Woman says she can’t get monkeypox from man with virus because he’s “not gay”

A woman told a doctor in Spain that she does not believe she can catch monkeypox from an infected person next to her, because she is “not gay.”

one in twitter threadDr. Arturo M. Henriques’s tweets were reposted and went viral.

The doctor was riding the subway in Madrid when a man was “absolutely stricken” with monkeypox wounds, including his hands.

“I see the situation and also the people around me as if nothing will happen,” the doctor said on Twitter.

As of August 1, there have been 23,276 confirmed cases of monkeypox worldwide. A high proportion is concentrated in men who have sex with men. However, the viral disease is not exclusive to this community and anyone can catch the virus after being in close contact with an infected person.

Henriques approached the man to ask what he was doing on the subway, as his wounds were highly contagious.

The man confirmed that he did indeed have the virus. However, he claimed that his doctor had only advised him to wear a mask instead of in isolation.

Monkeypox is mainly spread through direct, physical contact with an infected person. Wounds caused by an infected person are highly contagious when touched. Blister fluid coming out of the rash can also lead to infection.

“I tell him that the bruises he has all over his body are the most contagious. That I am a doctor and that he probably does not understand all the signs of his family doctor… to which he told me that he balls Will not touch the.…” tweeted the doctor.

Then Henriques turned to the woman who was sitting next to the man and asked him if she was afraid of getting sick with monkeypox, to which she replied: “How am I going? [get] What if I’m not gay?”

The woman then said that the government was advising “gay” […] To take care of himself.” Henriques then got off the subway.

A high proportion of monkeypox cases have affected the gay community and a stigma has attached itself to the virus, despite experts insisting that it is “not a gay disease.” The World Health Organization has reiterated this point as the virus continues to spread.

Colin Quinn is President of Communities at Include Health—a business that advocates for better health care within the LGBTQ+ community. They told newsweek That being part of the LGBTQ+ community themselves, they’ve noticed that the stigma has really started to creep in.

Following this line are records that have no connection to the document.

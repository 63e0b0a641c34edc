//! What a verdict says over a history.
ghost use Rattle.std.specs.Prelude.{List};
ghost use Rattle.mtn_history_laws.specs.History.{Revision};
ghost use Rattle.mtn_check_pieces.specs.declared.job.CheckJob.{CheckJob};
ghost use Rattle.mtn_check_pieces.specs.Laws.{StandsOn, IsNextMarked};
ghost use Rattle.mtn_check_pieces.specs.Verdict.{IsAgreeing};

/// Over a grown history that has the job's parents with their marks, the stored roster of a job that agrees is the tree that the
/// text makes of the history, with the marks and births of the history with the new revision: a check needs not make it again.
pub fn agreeing_is_next()
    ensures { (h : List Revision) (job : CheckJob) → (g : IsAgreeing job) → StandsOn h job g.revision.edges g.made.parents → IsNextMarked h job.id g.revision.edges g.stored }
{}
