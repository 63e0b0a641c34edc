// Records of rosters that copies share, so that each is at hand once, whoever looks at it.
ghost use Rattle.std.specs.Prelude.{◌≡◌, IfOk};
ghost use Rattle.mtn_records.specs.declared.record.RosterRecord.TheVariants.{Whole};

use mtn_base::NoMemory;
use mtn_records::{Numbered, RosterRecord};
use std::alloc::Global;
use std::marker::Model;
use std::sync::Arc;

/// A roster's record, which contracts see. Copies share it.
#[derive(Drop)]
pub struct SharedRecord {
    shared: Arc<RosterRecord>,
}

impl Model for SharedRecord {
    ghost use Rattle.mtn_records.specs.declared.record.RosterRecord.{RosterRecord};

    ghost Value = { RosterRecord };

    ghost view = { λ r. r.shared.value };
}

impl SharedRecord {
    /// A record, for many.
    pub fn new(alloc: Global, roster: RosterRecord) -> Result<SharedRecord, NoMemory>
        ensures { IfOk result (λ r. r ≡ roster) }
    {
        Ok(SharedRecord {
            shared: Arc::new(alloc, roster)?,
        })
    }

    /// The record. It takes no memory.
    pub fn as_record(&self) -> &RosterRecord
        ensures { result.now ≡ self.now }
    {
        &self.shared
    }
}

/// The entries of a whole record, which contracts see. Copies share them, and the record that has them.
#[derive(Drop)]
pub struct SharedEntries {
    shared: Arc<RosterRecord>,
}

impl Model for SharedEntries {
    ghost use Rattle.std.specs.Prelude.{◌≡◌};
    ghost use Rattle.mtn_records.specs.declared.record.RosterRecord.TheVariants.{Whole};
    ghost use Rattle.mtn_roster_deltas.specs.Chain.{Entries};
    ghost use Rattle.mtn_check_pieces.specs.Shared.{entries_in};

    ghost Value = { Entries };

    ghost view = { λ e. entries_in e.shared.value };

    ghost invariant = { λ e. e.shared.value ≡ Whole (entries_in e.shared.value) };
}

impl SharedEntries {
    /// Entries, for many.
    pub fn new(alloc: Global, entries: Numbered) -> Result<SharedEntries, NoMemory>
        ensures { IfOk result (λ e. e ≡ entries) }
    {
        Ok(SharedEntries {
            shared: Arc::new(alloc, RosterRecord::Whole(entries))?,
        })
    }

    /// The same entries, which are shared.
    pub fn copy(&self) -> Result<SharedEntries, NoMemory>
        ensures { IfOk result (λ e. e ≡ self.now) }
    {
        Ok(SharedEntries {
            shared: Arc::try_clone(&self.shared)?,
        })
    }

    /// The whole record that has them, which is shared.
    pub fn whole(&self) -> Result<SharedRecord, NoMemory>
        ensures { IfOk result (λ r. r ≡ Whole self.now) }
    {
        Ok(SharedRecord {
            shared: Arc::try_clone(&self.shared)?,
        })
    }

    /// The entries. It takes no memory.
    pub fn as_numbered(&self) -> &Numbered
        ensures { result.now ≡ self.now }
    {
        match self.shared.as_ref() {
            RosterRecord::Whole(entries) => entries,
            RosterRecord::Delta { .. } => unreachable!(),
        }
    }
}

A stock photo shows a man with monkeypox rash. A woman told a doctor in Spain that she does not believe she can catch monkeypox from an infected person sitting next to her, because she is “not gay.”
Berke Atseven/Getty

“Just a real life example. I was walking the streets of New York yesterday with my partner in what I thought was a very safe and friendly neighborhood.” “And someone, just a random person on the street started yelling at both of us to get out of our way and I don’t want your monkeypox. Don’t touch me. Don’t come near me, kind of thing.”

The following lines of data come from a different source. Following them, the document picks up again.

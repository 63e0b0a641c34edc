// Verdicts on many jobs, each run of them on a thread of its own.
ghost use Rattle.std.specs.Prelude.{◌≡◌, ◌<◌, ◌+◌, ◌++◌, ◌^◌, IfOk};
ghost use Rattle.mtn_check_pieces.specs.Verdict.{AreVerdicts};

use crate::{CheckJob, Verdict, check_one};
use mtn_base::NoMemory;
use mtn_pieces::{Gate, MAX_PIECES};
use std::alloc::Global;
use std::thread::{Threads, join};

// The verdict on each job, one after the other.
fn check_all(alloc: Global, jobs: &[CheckJob]) -> Result<Vec<Verdict>, NoMemory>
    ensures { IfOk result (λ vs. AreVerdicts jobs.now vs.items) }
{
    let mut verdicts = Vec::with_capacity(alloc, jobs.len())?;
    for job in jobs {
        verdicts.push(check_one(alloc, job)?)?;
    }
    Ok(verdicts)
}

// The same of one run, which has this number.
fn check_run<G: Gate>(
    alloc: Global,
    gate: &G,
    piece: usize,
    jobs: &[CheckJob],
) -> Result<Vec<Verdict>, NoMemory>
    ensures { IfOk result (λ vs. AreVerdicts jobs.now vs.items) }
{
    gate.pass(piece);
    check_all(alloc, jobs)
}

// The verdicts of both runs.
fn in_a_row(mut verdicts: Vec<Verdict>, mut more: Vec<Verdict>) -> Result<Vec<Verdict>, NoMemory>
    ensures { IfOk result (λ vs. vs.items ≡ verdicts.items ++ more.items) }
{
    verdicts.append(&mut more)?;
    Ok(verdicts)
}

// The verdict on each job, in order, in so many runs, which are numbered from `piece`. No run is empty where there are as many
// jobs as runs. The first runs on another thread and the others from this one, so that no thread shares the handle.
fn check_in_runs<R: Threads, G: Gate>(
    rt: &R,
    alloc: Global,
    gate: &G,
    piece: usize,
    runs: usize,
    jobs: &[CheckJob],
) -> Result<Vec<Verdict>, NoMemory>
    requires { piece + runs < 2 ^ 64 }
    ensures { IfOk result (λ vs. AreVerdicts jobs.now vs.items) }
{
    if runs < 2 {
        return check_run(alloc, gate, piece, jobs);
    }
    let (first, others) = jobs.split_at(jobs.len() / runs);
    let (verdicts, rest) = join(
        rt,
        || -> Result<Vec<Verdict>, NoMemory>
            ensures { IfOk result (λ vs. AreVerdicts first.entry.now vs.items) }
        { check_run(alloc, gate, piece, first) },
        || -> Result<Vec<Verdict>, NoMemory>
            requires { (1 < runs) × (piece + runs < 2 ^ 64) }
            ensures { IfOk result (λ vs. AreVerdicts others.entry.now vs.items) }
        { check_in_runs(rt, alloc, gate, piece + 1, runs - 1, others) },
    );
    let verdicts = verdicts?;
    in_a_row(verdicts, rest?)
}

/// The verdict on each job, in order, in at most so many pieces, each of which passes the gate. A number below 1 is taken as 1,
/// one above [`MAX_PIECES`] as that. The jobs are cut by position into as many runs as there are pieces, or jobs where these are
/// fewer, and each run is a piece on a thread of its own, numbered from 0. It takes memory for the verdicts, and for what each
/// piece has at hand of one job.
pub fn check_pieces<R: Threads + Sync, G: Gate>(
    rt: &R,
    alloc: Global,
    gate: &G,
    pieces: usize,
    jobs: &[CheckJob],
) -> Result<Vec<Verdict>, NoMemory>
    ensures { IfOk result (λ vs. AreVerdicts jobs.now vs.items) }
{
    if jobs.is_empty() {
        return Ok(Vec::new(alloc));
    }
    let runs = pieces.max(1).min(MAX_PIECES).min(jobs.len());
    check_in_runs(rt, alloc, gate, 0, runs, jobs)
}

“So it’s like, you can see that the stigma is already beginning and why it’s so incredibly important that our public health officials, our politicians in our community, health centers all come together to make sure that Come we are really thoughtful about how we message and how we support not only the community that it is disproportionately affecting but also letting others know that there are risks.

“Many people have said it is not a homosexual disease. It is not a sexually transmitted virus or disease. There is nothing inherent in biology or a virus that is limited to men or gay men.”

Quinn said the virus continues to spread through “tight social groups” and that it “clearly does not discriminate.”

“This is already spreading beyond the gay and bisexual or broader LGBTQ+ community. So it is for those reasons that it is incredibly important that we learn from our past and our history,” he said. “I’ve already said that we’ve got our learnings from HIV/AIDS in the playbook, and that the lack of core messaging there has created so much stigma… [We need] To really learn from him.”